As agressões teriam antecipado o parto, resultando no óbito do bebê, logo após o nascimento.
O caso ocorreu no fim de janeiro e veio à tona durante o sepultamento da criança, quando a vítima relatou aos familiares e amigos que havia sido agredida pelo companheiro, responsabilizando-o pela morte do filho.
A partir dessa denúncia, a Polícia Civil instaurou inquérito e deu início a uma série de diligências para esclarecer os fatos.

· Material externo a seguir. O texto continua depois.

//! The picture of single entries.

ghost use Rattle.history.specs.Header.{IsInRange};

use crate::bars::put_bars;
use crate::curve::put_curve;
use crate::escaping::put_escaped;
use crate::grid::{Grid, amounts_of, left_of, put_rows, put_tick, put_wrong};
use crate::head::{put_opening, put_rest};
use crate::looks::{LEGEND, STYLE};
use crate::marks::put_marks;
use crate::naming::Names;
use crate::picture::Picture;
use crate::pieces::{put, put_word};
use crate::rows::ranks_of;
use crate::sheet::Sheet;
use history::entry::Entry;
use std::alloc::{AllocError, Global};

/// Returns the SVG document of a picture. `entries` are those after the base, from the first one on. Tooltips
/// say in words which entry a bar or a mark shows. The first illegal entry is told in words if it is among
/// them, and explained below the rows.
///
/// A seat has a row if it has a bar, or made one of the entries that are drawn, or the first illegal one
/// after them. Seats and conditions are told by their numbers, with the names that they were given.
pub fn svg_text(
    alloc: Global,
    names: &Names,
    picture: &Picture,
    entries: &[Entry],
) -> Result<Vec<u8>, AllocError>
    requires { IsInRange picture.now.header }
{
    let ranks = ranks_of(alloc, picture, entries)?;
    let sheet = Sheet {
        names,
        picture,
        entries,
        ranks: &ranks,
    };
    let grid = grid_of(sheet);
    let mut out = Vec::new(alloc);
    let bottom = grid.bottom().saturating_add(24);
    let lines = picture.why.iter().filter(|byte| **byte == b'\n').count() as u64;
    let width = grid.width(if lines == 0 { 760 } else { 1048 });
    let height = bottom.saturating_add(lines.saturating_mul(16));
    put_opening(&mut out, picture.header, width, height, STYLE)?;
    put_shown(&mut out, sheet, grid)?;
    put_rest(&mut out, sheet, LEGEND)?;
    put_rows(&mut out, sheet, grid, 20)?;
    put_scale(&mut out, sheet, grid)?;
    put_curve(&mut out, sheet, grid)?;
    put_bars(&mut out, sheet, grid)?;
    put_marks(&mut out, sheet, grid)?;
    put_wrong(&mut out, sheet, grid)?;
    put_why(alloc, &mut out, picture, bottom)?;
    out.extend_from_slice(b"</svg>\n")?;
    Ok(out)
}

/// Appends the lines that explain the illegal entry, from an upper edge down.
fn put_why(
    alloc: Global,
    out: &mut Vec<u8>,
    picture: &Picture,
    upper: u64,
) -> Result<(), AllocError> {
    let mut why = Vec::new(alloc);
    put_escaped(&mut why, &picture.why)?;
    let mut y = upper.saturating_sub(4);
    for line in why.split(|byte| *byte == b'\n') {
        y = y.saturating_add(16);
        if !line.is_empty() {
            put_word(out, y, line)?;
        }
    }
    Ok(())
}

/// Returns the grid, with a place for each entry. If there are few, they are wide. The rows begin below the
/// curve, if there is one.
fn grid_of(sheet: Sheet<'_>) -> Grid {
    let to = sheet.picture.to;
    let from = sheet.picture.from.min(to);
    let places = to.saturating_sub(from);
    let has_curve = amounts_of(sheet.picture.header.object).is_some();
    Grid {
        from,
        places,
        left: left_of(sheet.names),
        step: if places <= 200 { 20 } else { 8 },
        top: if has_curve { 180 } else { 92 },
        rows: sheet.rows(),
    }
}

/// Appends which entries are shown.
fn put_shown(out: &mut Vec<u8>, sheet: Sheet<'_>, grid: Grid) -> Result<(), AllocError> {
    let all = sheet.picture.entries;
    if grid.places == 0 {
        return put(out, b"no entry is shown of ", all);
    }
    if sheet.picture.is_cut {
        put(out, b"the first ", grid.places)?;
        put(out, b" entries of ", all)?;
        return out.extend_from_slice(b"; --from and --to choose others");
    }
    put(out, b"entries ", sheet.number_of(grid.from))?;
    put(
        out,
        b" to ",
        sheet.number_of(sheet.picture.to.saturating_sub(1)),
    )?;
    put(out, b" of ", all)
}

/// Appends the scale. Entries with round numbers have a line through all rows, and the number below it, so
/// that numbers of ten digits don't touch.
fn put_scale(out: &mut Vec<u8>, sheet: Sheet<'_>, grid: Grid) -> Result<(), AllocError> {
    let pitch = if grid.step == 20 { 5 } else { 10 };
    for index in grid.from..sheet.picture.to {
        let number = sheet.number_of(index);
        if number % pitch == 0 {
            put_tick(out, grid, grid.top, index, number)?;
        }
    }
    Ok(())
}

A vítima prestou depoimento na Delegacia de Polícia, confirmou as agressões e apresentou documentos que comprovam o nascimento e a morte do bebê.
Outras provas também foram reunidas para reforçar a versão apresentada por ela.
O prontuário médico requisitado pela autoridade policial registrou ainda que o suspeito “foi expulso pelo segurança devido a agressões verbais em alto tom ocorridas no quarto da paciente antes da alta hospitalar”, reforçando a gravidade do comportamento do investigado.
Diante das evidências e considerando o grande histórico de violência — o suspeito, de 24 anos, já havia sido preso por homicídio e indiciado anteriormente por agressões à mesma vítima —, o delegado Filipe Martins, responsável pela investigação, representou pela prisão preventiva do acusado.
O pedido foi acolhido pelo Ministério Público e decretado pelo Poder Judiciário.
Segundo Martins, caso fique comprovado a ligação entre as agressões e a morte do recém-nascido, o suspeito poderá responder por homicídio, além do crime de lesão corporal contra a companheira.
As investigações continuam para esclarecer todas as circunstâncias do caso.